Quando la sofferenza psicologica, parte integrante e strutturante di ogni esistenza, si arricchisce di sintomi, ovvero si clinicizza, nel paziente si attua il passaggio dallo stato di disagio a quello di vero e proprio disturbo psichico, ma questo percorso è certamente reversibile se effettuato con il conforto della presenza e del sostegno di un adeguato terapeuta.

 

Adeguato: che cosa significa veramente questo termine? Quali sono le caratteristiche psicologiche profonde che permettono di curare i disordini dell’anima?

Certamente non sono frutto di apprendimento scolastico, purtroppo non servono più di tanto le varie lauree, master, corsi di perfezionamento e quant’altro l’industria della formazione propone a piene mani ad una frastornata platea di aspiranti psicoterapeuti.

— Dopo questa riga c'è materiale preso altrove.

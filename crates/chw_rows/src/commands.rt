//! Commands on files of the system, as a user gives them.
use chw_base::{FileShelf, Name, StdSink};
use chw_cli::Status;
use chw_cli::top::top;
use std::io;

/// Runs the commands of a text.
///
/// A line is a command: its words, with a space between two. Lines that are empty or begin with `#`
/// are no commands.
pub fn run_commands(rt: &HostRuntime, commands: &str) -> io::Result<()> {
    for command in commands.lines() {
        if !command.is_empty() && !command.starts_with('#') {
            run_command(rt, command)?;
        }
    }
    Ok(())
}

// Runs a command. After its line comes what it writes to either output, and last its status.
fn run_command(rt: &HostRuntime, command: &str) -> io::Result<()> {
    println!(rt; "chw {}", command)?;
    let mut words = Vec::new(rt.alloc());
    for word in command.split(' ') {
        words.push(Name::from(Vec::from_slice(rt.alloc(), word.as_bytes())?))?;
    }
    let status = run(rt, words.as_slice());
    println!(rt; "status {}", status.code())
}

// Runs the program on these words, with both outputs on standard output.
fn run(rt: &HostRuntime, words: &[Name]) -> Status {
    let mut shelf = FileShelf::new(rt);
    let mut out = StdSink::new(rt.stdout());
    let mut err = StdSink::new(rt.stdout());
    top(rt.alloc(), words, &mut shelf, &mut out, &mut err)
}
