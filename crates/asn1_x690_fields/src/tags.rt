//! Tags, compared with those of identifiers.

ghost use Rattle.std.specs.Prelude.{◌≡◌, ◌+◌, ℕ, true, false, Some, slice_get, slice_range};
ghost use Rattle.asn1_x690.specs.declared.tables.Identifier.{Identifier};
ghost use Rattle.asn1_x690.specs.Der.{HasTag, rows_of};
ghost use Rattle.asn1_x690_fields.specs.Outcomes.{IsIdentifier};

use crate::identifier::FoundIdentifier;
use asn1_schema::Rows;
use asn1_x690::{FirstTags, Tag};

/// Returns whether an identifier has a tag.
#[inline(always)]
fn is_tag(found: &FoundIdentifier, tag: Tag) -> bool
    ensures yes { result ≡ true → (id : Identifier) → IsIdentifier found.now id → id.tag ≡ tag }
    ensures no { result ≡ false → (id : Identifier) → IsIdentifier found.now id → id.tag ≡ tag → ⊥ }
{
    found.class == tag.class && found.number == Some(tag.number)
}

/// Returns whether an identifier has a tag and a form.
#[inline(always)]
pub fn is_identifier(found: &FoundIdentifier, tag: Tag, is_constructed: bool) -> bool
    ensures yes { result ≡ true → (id : Identifier) → IsIdentifier found.now id
        → (id.tag ≡ tag) × (id.is_constructed ≡ is_constructed) }
    ensures no { result ≡ false → (id : Identifier) → IsIdentifier found.now id
        → id.tag ≡ tag → id.is_constructed ≡ is_constructed → ⊥ }
{
    found.is_constructed == is_constructed && is_tag(found, tag)
}

/// Returns rows of the table of tags, as far as the table has them.
pub fn tags_in(table: &[Tag], rows: Rows) -> &[Tag]
    ensures { result.now ≡ rows_of table.now rows }
{
    let (_, rest) = table.split_at(rows.from.min(table.len()));
    let (tags, _) = rest.split_at((rows.count as usize).min(rest.len()));
    tags
}

/// Returns whether an identifier has one of the tags.
fn is_among(found: &FoundIdentifier, tags: &[Tag]) -> bool
    ensures yes { result ≡ true → (id : Identifier) → IsIdentifier found.now id
        → (i : ℕ) × (slice_get tags.now i ≡ Some id.tag) }
    ensures no { result ≡ false → (id : Identifier) → IsIdentifier found.now id
        → (i : ℕ) → slice_get tags.now i ≡ Some id.tag → ⊥ }
{
    for tag in tags {
        if is_tag(found, *tag) {
            return true;
        }
    }
    false
}

/// Returns whether a value may begin with the tag of an identifier.
#[inline(always)]
pub fn has_tag(table: &[Tag], first: FirstTags, found: &FoundIdentifier) -> bool
    ensures yes { result ≡ true → (id : Identifier) → IsIdentifier found.now id → HasTag table.now first id }
    ensures no { result ≡ false → (id : Identifier) → IsIdentifier found.now id → HasTag table.now first id → ⊥ }
{
    first.is_any || is_among(found, tags_in(table, first.tags))
}
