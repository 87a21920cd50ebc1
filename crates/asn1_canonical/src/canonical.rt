//! The canonical order.

ghost use Rattle.std.specs.Prelude.{◌≡◌, IfOk, OnErr};
ghost use Rattle.asn1_canonical.specs.Arranged.{IsArranged};

use crate::arrange::arrange;
use crate::context::Context;
use crate::work::order_of;
use asn1_schema::Part;
use std::alloc::{AllocError, Global};

/// Puts the items of each SET OF of a value of the type at a node in ascending order of their encodings, at
/// any depth. Returns the index that each part had.
///
/// An encoder then accepts them. Parts after the value are unchanged. If the parts are no value of the type, or
/// an item is nested `depth` levels or deeper, some SET OFs may have another order: items that have no encoding
/// are after the others. A default value that is present is compared as it is, so remove default values first.
///
/// # Errors
///
/// Returns an error if out of memory. The parts are unchanged then.
///
/// # Examples
///
/// ```
/// use asn1_canonical::{Context, Rules, canonical_order};
/// use asn1_resolve::Schema;
/// use asn1_schema::Part;
///
/// let text = "M DEFINITIONS ::= BEGIN Numbers ::= SET OF INTEGER END";
/// let schema = Schema::parse(rt.alloc(), text)?;
/// let context = Context {
///     tables: schema.tables(),
///     tags: schema.tag_tables(),
///     rules: Rules::Der,
///     source: &[],
/// };
/// let node = schema.node_named("Numbers").unwrap_or(0);
/// let mut parts = [Part::Count(2), Part::Integer(7), Part::Integer(5)];
/// let order = canonical_order(rt.alloc(), &context, 10, node, &mut parts)?;
/// assert!(rt; parts[1] == Part::Integer(5));
/// assert!(rt; order.as_slice() == [0, 2, 1].as_slice());
/// ```
pub fn canonical_order(
    alloc: Global,
    context: &Context<'_>,
    depth: usize,
    node: usize,
    parts: &mut [Part],
) -> Result<Vec<usize>, AllocError>
    ensures arranged { IfOk result (λ indexes. IsArranged parts.old parts.new indexes.items) }
    ensures unchanged { OnErr result (parts.new ≡ parts.old) }
{
    let order = order_of(alloc, context, depth, node, parts)?;
    arrange(alloc, parts, order.as_slice())
}
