//! Writes the fields of X.690: identifier octets, lengths, and the contents octets of values of one
//! part.
//!
//! A call writes to the octets of its caller, and does not allocate. If they are too few, it
//! returns the index that it would have reached with enough of them. The octets, and those of a
//! source, must be fewer than 2^61.
#![tactic(auto)]

mod bit_strings;
mod bits_in_fragments;
mod enumerations;
mod fragments;
mod identifiers;
mod integers;
mod leaf;
mod lengths;
mod octet_strings;
mod octets;
mod simple;
mod sizes;
mod texts;
mod times;
mod utf8_strings;

pub use identifiers::put_identifier;
pub use leaf::put_leaf;
pub use lengths::put_length_before;
pub use octets::put_span;
pub use sizes::has_size;
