//! What a value is put in order by.

use asn1_schema::Tables;
use asn1_x690::TagTables;

/// Encoding rules.
#[derive(Clone, Copy, Debug, PartialEq, Eq)]
pub enum Rules {
    /// The distinguished encoding rules (X.690).
    Der,
    /// The UNALIGNED variant of the packed encoding rules (X.691).
    UnalignedPer,
    /// Their ALIGNED variant.
    AlignedPer,
}

/// A schema, and the octets of a value.
#[derive(Clone, Copy, Debug)]
pub struct Context<'s> {
    /// The types.
    pub tables: Tables<'s>,
    /// Their tags.
    pub tags: TagTables<'s>,
    /// The rules by which items are encoded to compare them.
    pub rules: Rules,
    /// The octets in which the parts have their bits.
    pub source: &'s [u8],
}
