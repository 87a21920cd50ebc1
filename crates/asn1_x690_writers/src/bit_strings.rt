//! BIT STRING (X.690 8.6, 11.2).

ghost use Rattle.std.specs.Prelude.{List, ◌+◌, ◌*◌, ◌^◌, ◌<◌, ◌≤◌, length};
ghost use Rattle.asn1_bits.specs.Bits.{bits};
ghost use Rattle.asn1_schema.specs.declared.tables.Range.{Range};
ghost use Rattle.asn1_schema.specs.Pieces.{Bits};
ghost use Rattle.asn1_schema.specs.PiecesOfParts.{bits_of};
ghost use Rattle.asn1_x690.specs.Leaves.{AreTrimmed, HasSize, IsBitString, leaf_of};
ghost use Rattle.asn1_x690_writers.specs.Put.{AreTooManyBits, IsPut, LeftAt};
ghost use Rattle.asn1_x690_writers.specs.Strings.{IsStringWritten};
ghost use Rattle.asn1_x691_writers.specs.Put.{piece_in};

use crate::bits_in_fragments::put_bits_in_fragments;
use crate::octets::put_span;
use crate::sizes::has_size;
use asn1_schema::{Length, MisfitKind, Part, Span};
use asn1_x690_leaves::are_bits_permitted;
use asn1_x691_writers::{Writer, clip, put_number, reject};

/// Writes how many bits of the last octet are unused, the bits, and zeros for the unused ones.
/// Returns the index after them.
fn put_string(octets: &mut [u8], at: usize, source: &[u8], span: Span) -> usize
    requires size { 8 * length octets.old < 2 ^ 64 }
    requires inside { span.at + span.count ≤ 8 * length source.now }
    ensures { IsStringWritten (bits_of (bits source.now) span) octets.old at octets.new result }
{
    let unused = (8 - span.count % 8) % 8;
    let first = put_number(octets, at, unused as u64, 8);
    let end = put_span(octets, first, source, span.at, span.count);
    put_number(octets, end, 0, unused)
}

/// Writes bits of a size that the constraint permits, which are as few as their names permit.
pub(crate) fn put_bit_string(
    octets: &mut [u8],
    size: Length,
    is_extensible: bool,
    has_names: bool,
    source: &[u8],
    part: Part,
    node: usize,
    state: &mut Writer,
) -> bool
    requires size { 8 * length octets.old < 2 ^ 64 }
    requires source { 8 * length source.now < 2 ^ 64 }
    ensures { (ranges : List Range) → IsPut (LeftAt (AreTooManyBits (piece_in ranges source.now part)) node state.new) (leaf_of IsBitString (λ bits. HasSize is_extensible size (length bits) × AreTrimmed has_names size bits) Bits node)
        (piece_in ranges source.now part) octets.old state.old octets.new state.new result }
{
    match part {
        Part::Bits(span) => {
            let inside = clip(source, span);
            if !has_size(size, is_extensible, inside.count) {
                return reject(state, node, MisfitKind::NoEncoding);
            }
            if !are_bits_permitted(source, has_names, size, inside) {
                return reject(state, node, MisfitKind::NoEncoding);
            }
            state.at = put_string(octets, state.at, source, inside);
            true
        }
        Part::BitsInFragments(fragments) => {
            put_bits_in_fragments(
                octets,
                size,
                is_extensible,
                has_names,
                source,
                fragments,
                node,
                state,
            )
        }
        _ => reject(state, node, MisfitKind::OtherPart),
    }
}
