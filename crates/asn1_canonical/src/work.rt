//! Parts that are put in order.

use crate::context::Context;
use crate::item::encoding_of;
use crate::sets::{Set, sets_of};
use asn1_schema::Part;
use asn1_schema_values::end_of;
use std::alloc::{AllocError, Global};
use std::cell::Cell;

/// An item of a SET OF. Items are ordered by their octets, and those without an encoding are after the
/// others, so that an encoder returns their misfit.
#[derive(PartialEq, Eq, PartialOrd, Ord, Drop)]
struct Item {
    /// Whether it has no encoding.
    is_invalid: bool,
    /// Its encoding.
    octets: Vec<u8>,
    /// The index of its first part.
    from: usize,
    /// The index of the part after it.
    to: usize,
}

/// The parts as they are now, the index that each had, and room for the lengths of elements.
#[derive(Drop)]
struct Work {
    parts: Vec<Part>,
    order: Vec<usize>,
    lengths: Vec<Cell<u8>>,
}

/// Returns the indexes of the parts of a value of the type at a node, in an order in which the items of each
/// SET OF are ascending.
///
/// # Errors
///
/// Returns an error if out of memory.
pub(crate) fn order_of<'x>(
    alloc: Global,
    context: &'x Context<'x>,
    depth: usize,
    node: usize,
    parts: &'x [Part],
) -> Result<Vec<usize>, AllocError> {
    let sets = sets_of(alloc, context, node, parts)?;
    let mut work = Work {
        parts: Vec::from_slice(alloc, parts)?,
        order: Vec::new(alloc),
        lengths: Vec::new(alloc),
    };
    for index in 0..parts.len() {
        work.order.push(index)?;
        work.lengths.push(Cell::new(0))?;
    }
    // Those inside others first.
    for set in sets.as_slice().iter().rev() {
        work.sort(alloc, context, depth, *set)?;
    }
    let Work { order, .. } = work;
    Ok(order)
}

impl Work {
    /// Returns the items of a SET OF. `None` if the parts end before them.
    fn items<'x>(
        &'x self,
        alloc: Global,
        context: &'x Context<'x>,
        depth: usize,
        set: Set,
    ) -> Result<Option<Vec<Item>>, AllocError> {
        let mut items = Vec::new(alloc);
        let Some(Part::Count(count)) = self.parts.as_slice().get(set.head).copied() else {
            return Ok(None);
        };
        let mut from = set.head.saturating_add(1);
        for _ in 0..count {
            let Some(to) = end_of(self.parts.as_slice(), from) else {
                return Ok(None);
            };
            let own = self.parts.as_slice().get(from..to).unwrap_or(&[]);
            let lengths = self.lengths.as_slice().get(..own.len()).unwrap_or(&[]);
            let encoding = encoding_of(alloc, context, depth, set.item, own, lengths)?;
            let is_invalid = encoding.is_none();
            let octets = match encoding {
                Some(octets) => octets,
                None => Vec::new(alloc),
            };
            items.push(Item {
                is_invalid,
                octets,
                from,
                to,
            })?;
            from = to;
        }
        Ok(Some(items))
    }

    /// Puts the items of a SET OF in order.
    fn sort(
        &mut self,
        alloc: Global,
        context: &Context<'_>,
        depth: usize,
        set: Set,
    ) -> Result<(), AllocError> {
        let Some(mut items) = self.items(alloc, context, depth, set)? else {
            return Ok(());
        };
        items.sort()?;
        let mut parts = Vec::new(alloc);
        let mut order = Vec::new(alloc);
        for item in items.as_slice() {
            let (from, to) = (item.from, item.to);
            parts.extend_from_slice(self.parts.as_slice().get(from..to).unwrap_or(&[]))?;
            order.extend_from_slice(self.order.as_slice().get(from..to).unwrap_or(&[]))?;
        }
        let from = set.head.saturating_add(1);
        for (offset, part) in parts.as_slice().iter().enumerate() {
            if let Some(place) = self
                .parts
                .as_mut_slice()
                .get_mut(from.saturating_add(offset))
            {
                *place = *part;
            }
        }
        for (offset, index) in order.as_slice().iter().enumerate() {
            if let Some(place) = self
                .order
                .as_mut_slice()
                .get_mut(from.saturating_add(offset))
            {
                *place = *index;
            }
        }
        Ok(())
    }
}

Forse la risposta più scomoda ma vera è questa: occorre aver attraversato l’esperienza, esserci passati, aver provato sulla propria pelle quel particolare tipo di dolore che costituisce la sofferenza psichica e poi averne saputo osservare, con la freddezza dello studioso, i dettagli, l’evoluzione, distanti da se stessi almeno di un passo, in un lucido esame della realtà. E avere anche il coraggio e l’onestà intellettuale di ammetterlo, di narrarlo, se necessario, anche attraverso l’espressione artistica. Ecco perchè la psicoterapia, e la psicoanalisi in particolare, diviene attività culturale e terapeutica squisitamente interdisciplinare, insinuandosi tra scienza ed arte.

Ma tutto ciò non è ancora sufficiente. Non ci si soffermerà mai abbastanza a riflettere sul logoramento personale che la professione dello psicoanalista comporta. Sulla tensione emotiva spesa per mantenere nel setting equilibri delicatissimi. Essere se stessi ma ‘sentire’ come l’Altro. Entrare con la propria anima in risonanza con l’anima del paziente. Tollerare il continuo assedio delle proiezioni aggressive ed erotiche portate dai pazienti, lasciarsene attraversare senza nemmeno potersi illudere di restare indenni. Rimanere se stessi può significare rimanere totalmente soli. E questa, tra tutte le condizioni, è forse la più disumanizzante, quella che più facilmente ci mette a diretto contatto con la nostra fragilità. Fra tutte le forme di forse la terapia analitica condotta ‘vis a vis’ è la più logorante e rischiosa. Apparentemente si tratta solo di talking cure’, parole che curano, ma solo chi non l’ha sperimentata direttamente, come paziente o terapeuta, può credere a ciò.

Come la comunicazione verbale non si esaurisce solo nel mero trasferimento di dati o di informazioni, ma trova, nella sua forma non verbale, la sua maggiore ricchezza espressiva, così, nel setting analitico, dove ogni sfumatura è ridondante, il confine tra parola e gesto può divenire ancora più sottile e la distanza tra corpo ed anima annullarsi. Certamente etica e deontologia dovrebbero fornire i supporti per affrontare qualsiasi emergenza, ma sappiamo bene che la realtà delle relazioni umane è molto più complessa e imprevedibile di quanto un moralismo di comodo vorrebbe che fosse. Più che giudicare, è molto più importante riflettere, elaborare le esperienze, allargare il proprio punto di vista accogliendo anche l’errore che, se ben interpretato, si trasforma in ricchezza, in risorsa in più. A disposizione di tutti.

Questo saggio, consegnandoci la dolorosa verità dei suoi protagonisti, ci aiuta a farlo.